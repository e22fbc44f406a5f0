//! The cells of a line.

use std::alloc::{AllocError, Global};
use std::mem;

/// Where a letter stands in a cell.
#[derive(Clone, Copy, PartialEq, Drop)]
enum Within {
    /// Before the cell's text.
    Begin,
    /// In a text without quotation marks around it.
    Bare,
    /// In a text in quotation marks.
    Quoted,
    /// Behind a quotation mark in such a text, which ends it or is the first of two.
    Mark,
}

/// The cells of a line that is read letter by letter.
#[derive(Drop)]
struct Splitter {
    /// The cells that have ended.
    cells: Vec<String>,
    /// The text of the next one so far.
    cell: String,
    /// Where the next letter stands.
    within: Within,
}

impl Splitter {
    /// Ends a cell.
    fn end(&mut self, alloc: Global) -> Result<(), AllocError> {
        let cell = mem::replace(&mut self.cell, String::new(alloc));
        self.within = Within::Begin;
        self.cells.push(cell)?;
        Ok(())
    }

    /// Adds a letter to the text of a cell.
    fn add(&mut self, letter: char, within: Within) -> Result<(), AllocError> {
        self.within = within;
        self.cell.push(letter)
    }

    /// Reads a letter. Blanks before a text are passed over.
    fn read(&mut self, alloc: Global, separator: char, letter: char) -> Result<(), AllocError> {
        match self.within {
            Within::Begin if letter == '"' => self.within = Within::Quoted,
            Within::Begin if letter.is_whitespace() => {}
            Within::Quoted if letter == '"' => self.within = Within::Mark,
            Within::Quoted => self.add(letter, Within::Quoted)?,
            Within::Mark if letter == '"' => self.add(letter, Within::Quoted)?,
            _ if letter == separator => self.end(alloc)?,
            _ => self.add(letter, Within::Bare)?,
        }
        Ok(())
    }
}

/// The cells of a line. There are none where a quotation mark at the beginning of a cell doesn't end in the line, or where a carriage
/// return stands in it.
pub(crate) fn cells_in(
    alloc: Global,
    separator: char,
    line: &str,
) -> Result<Option<Vec<String>>, AllocError> {
    let mut splitter = Splitter {
        cells: Vec::new(alloc),
        cell: String::new(alloc),
        within: Within::Begin,
    };
    for letter in line.chars() {
        if letter == '\r' {
            return Ok(None);
        }
        splitter.read(alloc, separator, letter)?;
    }
    if splitter.within == Within::Quoted {
        return Ok(None);
    }
    splitter.end(alloc)?;
    let Splitter { cells, .. } = splitter;
    Ok(Some(cells))
}
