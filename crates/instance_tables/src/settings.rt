//! The settings of an instance, as a table has them.

use crate::cells::{Cell, Grid};
use crate::columns::{Column, Table};
use crate::refusal::{ImportRefusal, TableRefusal};
use crate::sheet::Sheet;
use crate::why::Why;
use std::alloc::Global;

/// The greatest weight.
const WEIGHT_MOST: u32 = 1_000_000;

/// The settings of an instance.
#[derive(Clone, Copy, Drop)]
pub(crate) struct Settings {
    /// The slots of a day.
    pub(crate) grid: Grid,
    /// The days of the planning period.
    pub(crate) days: u16,
    /// The cost of an employee too many in a slot.
    pub(crate) excess: u32,
    /// The cost of an employee too few in a slot.
    pub(crate) shortage: u32,
    /// The cost of a shift that is used.
    pub(crate) shift: u32,
    /// The most duties of one shift on one day.
    pub(crate) max_heads: u16,
}

/// The slots that a cell says how long they are.
fn grid_in(alloc: Global, cell: Cell) -> Result<Grid, ImportRefusal> {
    let (slot_minutes, day_slots) = match cell.text {
        "5" => (5, 288),
        "10" => (10, 144),
        "15" => (15, 96),
        "20" => (20, 72),
        "30" => (30, 48),
        "60" => (60, 24),
        _ => return Err(cell.refused(alloc, Why::SlotMinutes)),
    };
    Ok(Grid {
        slot_minutes,
        day_slots,
    })
}

/// The settings that a table states in its one row.
pub(crate) fn read_settings(alloc: Global, bytes: &[u8]) -> Result<Settings, ImportRefusal> {
    let sheet = Sheet::read(alloc, Table::Settings, bytes)?;
    let rows = sheet.rows(1)?;
    let Some(row) = rows.first() else {
        return Err(ImportRefusal::Table(TableRefusal::of_table(Table::Settings, Why::NoRows)));
    };
    let grid = grid_in(alloc, sheet.cell(row, Column::SlotMinutes))?;
    let days = sheet.cell(row, Column::Days).number(alloc, 1, 7)?;
    let excess = sheet
        .cell(row, Column::Excess)
        .number(alloc, 0, WEIGHT_MOST)?;
    let shortage = sheet
        .cell(row, Column::Shortage)
        .number(alloc, 0, WEIGHT_MOST)?;
    let shift = sheet
        .cell(row, Column::Shift)
        .number(alloc, 0, WEIGHT_MOST)?;
    let max_heads = sheet.cell(row, Column::MaxHeads).number(alloc, 1, 200)?;
    Ok(Settings {
        grid,
        days: days as u16,
        excess,
        shortage,
        shift,
        max_heads: max_heads as u16,
    })
}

WHAT THE TASK ASKS
Print the material once more. Change nothing.

RESPONSE TO THE EXERCISE
repository e22fbc44f406a5f0
//! The cells of a line.

use std::alloc::{AllocError, Global};
use std::mem;

/// Where a letter stands in a cell.
#[derive(Clone, Copy, PartialEq, Drop)]
enum Within {
    /// Before the cell's text.
    Begin,
    /// In a text without quotation marks around it.
    Bare,
    /// In a text in quotation marks.
    Quoted,
    /// Behind a quotation mark in such a text, which ends it or is the first of two.
    Mark,
}

/// The cells of a line that is read letter by letter.
#[derive(Drop)]
struct Splitter {
    /// The cells that have ended.
    cells: Vec<String>,
    /// The text of the next one so far.
    cell: String,
    /// Where the next letter stands.
    within: Within,
}

impl Splitter {
    /// Ends a cell.
    fn end(&mut self, alloc: Global) -> Result<(), AllocError> {
        let cell = mem::replace(&mut self.cell, String::new(alloc));
        self.within = Within::Begin;
        self.cells.push(cell)?;
        Ok(())
    }

    /// Adds a letter to the text of a cell.
    fn add(&mut self, letter: char, within: Within) -> Result<(), AllocError> {
        self.within = within;
        self.cell.push(letter)
    }

    /// Reads a letter. Blanks before a text are passed over.
    fn read(&mut self, alloc: Global, separator: char, letter: char) -> Result<(), AllocError> {
        match self.within {
            Within::Begin if letter == '"' => self.within = Within::Quoted,
            Within::Begin if letter.is_whitespace() => {}
            Within::Quoted if letter == '"' => self.within = Within::Mark,
            Within::Quoted => self.add(letter, Within::Quoted)?,
            Within::Mark if letter == '"' => self.add(letter, Within::Quoted)?,
            _ if letter == separator => self.end(alloc)?,
            _ => self.add(letter, Within::Bare)?,
        }
        Ok(())
    }
}

/// The cells of a line. There are none where a quotation mark at the beginning of a cell doesn't end in the line, or where a carriage
/// return stands in it.
pub(crate) fn cells_in(
    alloc: Global,
    separator: char,
    line: &str,
) -> Result<Option<Vec<String>>, AllocError> {
    let mut splitter = Splitter {
        cells: Vec::new(alloc),
        cell: String::new(alloc),
        within: Within::Begin,
    };
    for letter in line.chars() {
        if letter == '\r' {
            return Ok(None);
        }
        splitter.read(alloc, separator, letter)?;
    }
    if splitter.within == Within::Quoted {
        return Ok(None);
    }
    splitter.end(alloc)?;
    let Splitter { cells, .. } = splitter;
    Ok(Some(cells))
}
filename crates/instance_tables/src/settings.rt
//! The settings of an instance, as a table has them.

use crate::cells::{Cell, Grid};
use crate::columns::{Column, Table};
use crate::refusal::{ImportRefusal, TableRefusal};
use crate::sheet::Sheet;
use crate::why::Why;
use std::alloc::Global;

/// The greatest weight.
const WEIGHT_MOST: u32 = 1_000_000;

/// The settings of an instance.
#[derive(Clone, Copy, Drop)]
pub(crate) struct Settings {
    /// The slots of a day.
    pub(crate) grid: Grid,
    /// The days of the planning period.
    pub(crate) days: u16,
    /// The cost of an employee too many in a slot.
    pub(crate) excess: u32,
    /// The cost of an employee too few in a slot.
    pub(crate) shortage: u32,
    /// The cost of a shift that is used.
    pub(crate) shift: u32,
    /// The most duties of one shift on one day.
    pub(crate) max_heads: u16,
}

/// The slots that a cell says how long they are.
fn grid_in(alloc: Global, cell: Cell) -> Result<Grid, ImportRefusal> {
    let (slot_minutes, day_slots) = match cell.text {
        "5" => (5, 288),
        "10" => (10, 144),
        "15" => (15, 96),
        "20" => (20, 72),
        "30" => (30, 48),
        "60" => (60, 24),
        _ => return Err(cell.refused(alloc, Why::SlotMinutes)),
    };
    Ok(Grid {
        slot_minutes,
        day_slots,
    })
}

/// The settings that a table states in its one row.
pub(crate) fn read_settings(alloc: Global, bytes: &[u8]) -> Result<Settings, ImportRefusal> {
    let sheet = Sheet::read(alloc, Table::Settings, bytes)?;
    let rows = sheet.rows(1)?;
    let Some(row) = rows.first() else {
        return Err(ImportRefusal::Table(TableRefusal::of_table(Table::Settings, Why::NoRows)));
    };
    let grid = grid_in(alloc, sheet.cell(row, Column::SlotMinutes))?;
    let days = sheet.cell(row, Column::Days).number(alloc, 1, 7)?;
    let excess = sheet
        .cell(row, Column::Excess)
        .number(alloc, 0, WEIGHT_MOST)?;
    let shortage = sheet
        .cell(row, Column::Shortage)
        .number(alloc, 0, WEIGHT_MOST)?;
    let shift = sheet
        .cell(row, Column::Shift)
        .number(alloc, 0, WEIGHT_MOST)?;
    let max_heads = sheet.cell(row, Column::MaxHeads).number(alloc, 1, 200)?;
    Ok(Settings {
        grid,
        days: days as u16,
        excess,
        shortage,
        shift,
        max_heads: max_heads as u16,
    })
}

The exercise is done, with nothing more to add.